I have seen this question.
However, mine is slightly different.
Let $p,q\in (0,1), p+q=1$. Assume that random variables $X$ and $Y$ are independent and both have the geometric distribution with parameters $p,q$, i.e.,
$$P(X=k)=P(Y=k)=q^kp\,,$$
where $k\in\mathbb{N}_0=\{0,1,2,...\}$.
I would like to show that
$$P(X=k\mid X+Y=n)=\frac{1}{n+1}$$
The questions I have seen here seem to arrive to the conclusion that it's equal to $\frac{1}{n-1}$. How do I arrive to $\frac{1}{n+1}$?
On
The question you linked is doing the same as you, but the OP is considering an alternative definition for the Geometric distribution (i.e., $k$ is starting at $1$ and not at $0$ as you defined). Hence, following the same procedure you will get the result you want.
This is not unique to this calculus: the expected value also depends on the definition you are considering (although the variance no). Check the properties at https://en.wikipedia.org/wiki/Geometric_distribution.
On
By convolution, \begin{align*} P(X+Y=n)=\sum_{k=0}^n P(X=k)P(Y=n-k) \\ =\sum_{k=0}^n (q^kp)(q^{n-k}p) \\ =\sum_{k=0}^n q^np^2 \\ =q^np^2(n+1) \end{align*}
Thus, \begin{align*} P(X=k|X+Y=n)=\frac{P(X=k)P(Y=n-k)}{P(X+Y=n)} \\ =\frac{q^np^2}{q^np^2(n+1)}=\frac{1}{n+1} \end{align*}
Your confusion may be stemming from there being two widely used definitions for the Geometric PMF (see the Wikipedia for more info).

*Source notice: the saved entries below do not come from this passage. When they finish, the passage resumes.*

//! Grains, accounts and saved references as rows.

ghost use Rattle.row_formats.specs.Gives.{GivesRead};
ghost use Rattle.row_codec.specs.Rows.{account_fields, account, grain_fields, grain, saved_fields, saved};
ghost use Rattle.row_codec.specs.RowsExact.{account_exact, grain_exact, saved_exact};

use crate::bodies::Stored;
use host_base::{AccountId, AppId, GrainId, GrantId, Memory, SavedId};
use row_formats::{ReadError, Reader, RowFault, Writer};
use share_graph::{Account, Grain, Saved};
use std::alloc::Global;

// The fields of a grain, behind the version.
fn grain_fields(alloc: Global, reader: &mut Reader, num: u32) -> Result<Grain, ReadError>
    ensures { GivesRead (λ x. x) result reader.new ((grain_fields num).read reader.old) }
{
    Ok(Grain {
        app: AppId(reader.u32()?),
        owner: AccountId(reader.u32()?),
        title: reader.name(alloc)?,
        trashed: reader.flag()?,
        num: GrainId(num),
    })
}

impl Stored for Grain {
    fn read_row(alloc: Global, reader: &mut Reader, num: u32) -> Result<Grain, ReadError> {
        match reader.u8()? {
            1 => grain_fields(alloc, reader, num),
            version => Err(ReadError::Fault(RowFault::BadVersion(version))),
        }
    }

    fn write_row(&self, writer: &mut Writer) -> Result<(), Memory> {
        writer.u8(1)?;
        writer.u32(self.app.0)?;
        writer.u32(self.owner.0)?;
        writer.name(&self.title)?;
        writer.flag(self.trashed)
    }

    ghost format = { grain };

    ghost carried = { λ g. g.num.0 };

    ghost exact = { grain_exact };
}

// The fields of an account, behind the version.
fn account_fields(alloc: Global, reader: &mut Reader, num: u32) -> Result<Account, ReadError>
    ensures { GivesRead (λ x. x) result reader.new ((account_fields num).read reader.old) }
{
    Ok(Account {
        handle: reader.name(alloc)?,
        name: reader.name(alloc)?,
        login: reader.digest()?,
        admin: reader.flag()?,
        enabled: reader.flag()?,
        num: AccountId(num),
    })
}

impl Stored for Account {
    fn read_row(alloc: Global, reader: &mut Reader, num: u32) -> Result<Account, ReadError> {
        match reader.u8()? {
            1 => account_fields(alloc, reader, num),
            version => Err(ReadError::Fault(RowFault::BadVersion(version))),
        }
    }

    fn write_row(&self, writer: &mut Writer) -> Result<(), Memory> {
        writer.u8(1)?;
        writer.name(&self.handle)?;
        writer.name(&self.name)?;
        writer.digest(&self.login)?;
        writer.flag(self.admin)?;
        writer.flag(self.enabled)
    }

    ghost format = { account };

    ghost carried = { λ a. a.num.0 };

    ghost exact = { account_exact };
}

// The fields of a saved reference, behind the version.
fn saved_fields(alloc: Global, reader: &mut Reader, num: u32) -> Result<Saved, ReadError>
    ensures { GivesRead (λ x. x) result reader.new ((saved_fields num).read reader.old) }
{
    Ok(Saved {
        holder: GrainId(reader.u32()?),
        grant: GrantId(reader.u32()?),
        label: reader.name(alloc)?,
        digest: reader.digest()?,
        dropped: reader.flag()?,
        num: SavedId(num),
    })
}

impl Stored for Saved {
    fn read_row(alloc: Global, reader: &mut Reader, num: u32) -> Result<Saved, ReadError> {
        match reader.u8()? {
            1 => saved_fields(alloc, reader, num),
            version => Err(ReadError::Fault(RowFault::BadVersion(version))),
        }
    }

    fn write_row(&self, writer: &mut Writer) -> Result<(), Memory> {
        writer.u8(1)?;
        writer.u32(self.holder.0)?;
        writer.u32(self.grant.0)?;
        writer.name(&self.label)?;
        writer.digest(&self.digest)?;
        writer.flag(self.dropped)
    }

    ghost format = { saved };

    ghost carried = { λ s. s.num.0 };

    ghost exact = { saved_exact };
}
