//! The desk of runs and sessions: what becomes of a command on them.
#![tactic(auto)]

mod callers;
mod runs;
mod sessions;

pub use callers::Actor;
pub use runs::{start_run, stop_run};
pub use sessions::{close_session, open_session};
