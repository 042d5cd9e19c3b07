//! The rows of the tables as bytes: each row's fields, read and written.
#![tactic(auto)]

mod apps;
mod bodies;
mod fields;
mod grants;
mod rows;
mod values;

pub use bodies::{Stored, read_body, write_body};
pub use fields::{RowField, read_list, write_list, write_slice};
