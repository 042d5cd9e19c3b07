//! Jobs are done at once on one history.

ghost use Rattle.std.specs.Prelude.{◌≡◌, ◌+◌, ◌≤◌, [], All, vec_capacity, vec_len, IfOk, OnErr};
ghost use Rattle.epoch_gate.specs.Books.{start_of};
ghost use Rattle.hub_jobs.specs.Inner.{DoneBy};
ghost use Rattle.hub_jobs.specs.Jobs.{DoneAtOnce};
ghost use Rattle.shared_hub.specs.Since.{HasKept, begun_of};
ghost use Rattle.shared_hub.specs.Wanting.{blank};

use crate::at_once::run_all;
use crate::staff::{dismiss, hire, make_clocks, make_passes};
use crate::worker::{Job, Worker};
use epoch_gate::{Hub, Maker, Named, PARTS, Pass, Unnamed};
use host_base::Memory;
use host_clock::Clock;
use hub_core::{Holding, Locked};
use share_graph::Event;
use shared_hub::{Outset, SharedHistory};
use site_caps::SiteDriver;
use std::alloc::Global;
use std::marker::Brand;
use std::num::NonZeroUsize;
use std::sync::Wait;
use std::sync::ledger::{Blank, Ledger};
use std::thread::Threads;

/// How many jobs are done at once at the most: as many as a hub has passes.
pub const MOST_JOBS: usize = 65536;

// A clock for each of so many workers, and room for the workers and for what they leave.
#[derive(Drop)]
struct Rooms<
    'a,
    H: Holding,
    C: SiteDriver + Drop,
    N: Named<Outset<H, C>>,
    L: Ledger,
    R: Wait,
    T: Clock + Drop,
    J: Drop,
> {
    clocks: Vec<T>,
    workers: Vec<Worker<'a, H, C, N, L, R, T, J>>,
    passes: Vec<Pass<SharedHistory<H, C>, N, L>>,
    jobs: Vec<J>,
}

fn make_rooms<
    'a,
    H: Holding,
    C: SiteDriver + Drop,
    N: Named<Outset<H, C>>,
    L: Ledger,
    R: Wait,
    T: Clock + Drop,
    J: Drop,
>(alloc: Global, clock: &T, count: usize) -> Result<Rooms<'a, H, C, N, L, R, T, J>, Memory>
    ensures clocks { IfOk result (λ rooms. vec_len rooms.clocks ≡ count) }
    ensures none { IfOk result (λ rooms. (vec_len rooms.workers ≡ 0) × (vec_len rooms.passes ≡ 0)
        × (vec_len rooms.jobs ≡ 0)) }
    ensures room { IfOk result (λ rooms. (count ≤ vec_capacity rooms.workers) × (count ≤ vec_capacity rooms.passes)
        × (count ≤ vec_capacity rooms.jobs)) }
{
    let clocks = make_clocks(alloc, clock, count)?;
    Ok(Rooms {
        clocks,
        workers: Vec::with_capacity(alloc, count)?,
        passes: Vec::with_capacity(alloc, count)?,
        jobs: Vec::with_capacity(alloc, count)?,
    })
}

// What workers leave: their passes and their jobs, or that memory ran out before one worked.
#[derive(Drop)]
struct Left<H: Holding, C: SiteDriver + Drop, N: Named<Outset<H, C>>, L: Ledger, J: Drop> {
    passes: Vec<Pass<SharedHistory<H, C>, N, L>>,
    jobs: Vec<J>,
    outcome: Result<(), Memory>,
}

// Does the jobs at once, by passes of the hub.
fn do_by<
    H: Holding + Send,
    C: SiteDriver + Drop + Send,
    N: Named<Outset<H, C>> + Send + Sync,
    L: Ledger + Send + Sync,
    R: Threads + Wait + Sync,
    T: Clock + Drop + Send,
    J: Job + Drop + Send,
>(
    rt: &R,
    alloc: Global,
    hub: &Hub<SharedHistory<H, C>, N, L>,
    maker: &mut Maker<SharedHistory<H, C>, N, L>,
    room: NonZeroUsize,
    clock: &T,
    jobs: Vec<J>,
) -> Left<H, C, N, L, J>
where
    H::Keeper: Send,
    H::Secrets: Send,
    H::Spawner: Send,
    C::Law: Send,
    requires few { maker.old + vec_len jobs ≤ 65536 }
    requires ready { All J.ready jobs.items }
    ensures made { maker.new ≡ maker.old + vec_len result.passes }
    ensures done { IfOk result.outcome (λ _. DoneBy J.does C.Law.law (start_of blank N.start).start
        result.passes.items jobs.items result.jobs.items) }
    ensures none { OnErr result.outcome ((result.jobs ≡ jobs) × All (λ pass. pass.orders ≡ 0) result.passes.items) }
{
    let count = jobs.len();
    let Ok(rooms) = make_rooms(alloc, clock, count) else {
        return Left {
            passes: Vec::new(alloc),
            jobs,
            outcome: Err(Memory),
        };
    };
    let Rooms {
        mut clocks,
        mut workers,
        mut passes,
        jobs: mut back,
    } = rooms;
    if make_passes(rt, alloc, hub, maker, count, room, &mut passes).is_err() {
        return Left {
            passes,
            jobs,
            outcome: Err(Memory),
        };
    }
    hire(rt, alloc, hub, jobs, &mut passes, &mut clocks, &mut workers);
    run_all(rt, workers.as_mut_slice());
    dismiss(workers, &mut passes, &mut back);
    Left {
        passes,
        jobs: back,
        outcome: Ok(()),
    }
}

/// A history on which jobs were done, and the jobs; or that memory ran out before one was begun.
#[derive(Drop)]
pub struct Done<H: Holding, C: SiteDriver + Drop, J: Drop> {
    pub locked: Locked<H, C>,
    pub jobs: Vec<J>,
    pub outcome: Result<(), Memory>,
}

// Makes a hub of the history, does the jobs, and closes the hub.
fn do_under<
    H: Holding + Send,
    C: SiteDriver + Drop + Send,
    N: Named<Outset<H, C>> + Send + Sync,
    L: Ledger + Send + Sync,
    R: Threads + Wait + Sync,
    T: Clock + Drop + Send,
    J: Job + Drop + Send,
>(
    rt: &R,
    alloc: Global,
    unnamed: Unnamed<Event>,
    unopened: Blank,
    locked: Locked<H, C>,
    room: NonZeroUsize,
    clock: &T,
    jobs: Vec<J>,
) -> Done<H, C, J>
where
    H::Keeper: Send,
    H::Secrets: Send,
    H::Spawner: Send,
    C::Law: Send,
    requires empty { locked.history ≡ [] }
    requires start { begun_of locked ≡ start_of blank N.start }
    requires table { unnamed ≡ N.table }
    requires ledger { (unopened.name ≡ L.name) × (unopened.parts ≡ 65537) × (L.parts ≡ 65537) }
    requires few { vec_len jobs ≤ 65536 }
    requires ready { All J.ready jobs.items }
    ensures start { result.locked.start ≡ locked.start }
    ensures kept { HasKept locked.start locked.holds result.locked.holds result.locked.history }
    ensures done { IfOk result.outcome (λ _. DoneAtOnce J.does C.Law.law locked.start result.locked.history
        jobs.items result.jobs.items) }
    ensures none { OnErr result.outcome ((result.jobs ≡ jobs) × (result.locked.history ≡ [])) }
{
    let history = SharedHistory::new(locked);
    let (hub, mut maker) = Hub::<SharedHistory<H, C>, N, L>::new(unnamed, unopened, history);
    let Left {
        passes,
        jobs,
        outcome,
    } = do_by(rt, alloc, &hub, &mut maker, room, clock, jobs);
    match hub.close(maker, passes) {
        Ok(history) => Done {
            locked: history.into_locked(),
            jobs,
            outcome,
        },
        Err(_) => unreachable!(),
    }
}

/// Does jobs, `MOST_JOBS` at the most, at once on one history, which has no entry yet: each on a thread of its own, by a
/// desk of its own, whose cache has so much room, and which lets a clock of its own go on: another of this one. Where
/// memory runs out first, none is begun.
pub fn do_at_once<
    H: Holding + Send,
    C: SiteDriver + Drop + Send,
    R: Threads + Wait + Sync,
    T: Clock + Drop + Send,
    J: Job + Drop + Send,
>(
    rt: &R,
    alloc: Global,
    locked: Locked<H, C>,
    room: NonZeroUsize,
    clock: &T,
    jobs: Vec<J>,
) -> Done<H, C, J>
where
    H::Keeper: Send,
    H::Secrets: Send,
    H::Spawner: Send,
    C::Law: Send,
    requires empty { locked.history ≡ [] }
    requires few { vec_len jobs ≤ 65536 }
    requires ready { All J.ready jobs.items }
    ensures start { result.locked.start ≡ locked.start }
    ensures kept { HasKept locked.start locked.holds result.locked.holds result.locked.history }
    ensures done { IfOk result.outcome (λ _. DoneAtOnce J.does C.Law.law locked.start result.locked.history
        jobs.items result.jobs.items) }
    ensures none { OnErr result.outcome ((result.jobs ≡ jobs) × (result.locked.history ≡ [])) }
{
    let Ok(unnamed) = Unnamed::new(alloc) else {
        return Done {
            locked,
            jobs,
            outcome: Err(Memory),
        };
    };
    do_under::<H, C, Brand, Brand, R, T, J>(
        rt,
        alloc,
        unnamed,
        Blank::new(PARTS),
        locked,
        room,
        clock,
        jobs,
    )
}
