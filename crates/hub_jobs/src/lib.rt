//! Jobs that threads do at once on one history, each by a desk of its own.
#![tactic(auto)]

mod at_once;
mod doing;
mod staff;
mod worker;

pub use doing::{Done, MOST_JOBS, do_at_once};
pub use worker::Job;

We have: $$P(X=k\mid X+Y=n)=\frac{P((X=k) \cap (X+Y=n))}{P(X+Y=n)}$$ Now: $$\begin{align} P((X=k) \cap (X+Y=n))~&=~P((X=k) \cap (Y=n-k))\\&=P(X=k)\, P(Y=n-k)\\&=q^k p\;q^{n-k}p\\&=q^n p^2\end{align} $$ whereas $$\begin{align} P(X+Y=n)&=\sum_{i=0}^n P((X=i) \cap (Y=n-i))\\&=\sum_{i=0}^n P(X=i) \, P(Y=n-i)\\&=\sum_{i=0}^n q^i p\, q^{n-i} p\\&=\sum_{i=0}^n q^n p^2\\&= (n+1)\,q^n p^2 \end{align}$$ and you only have to divide to get the result.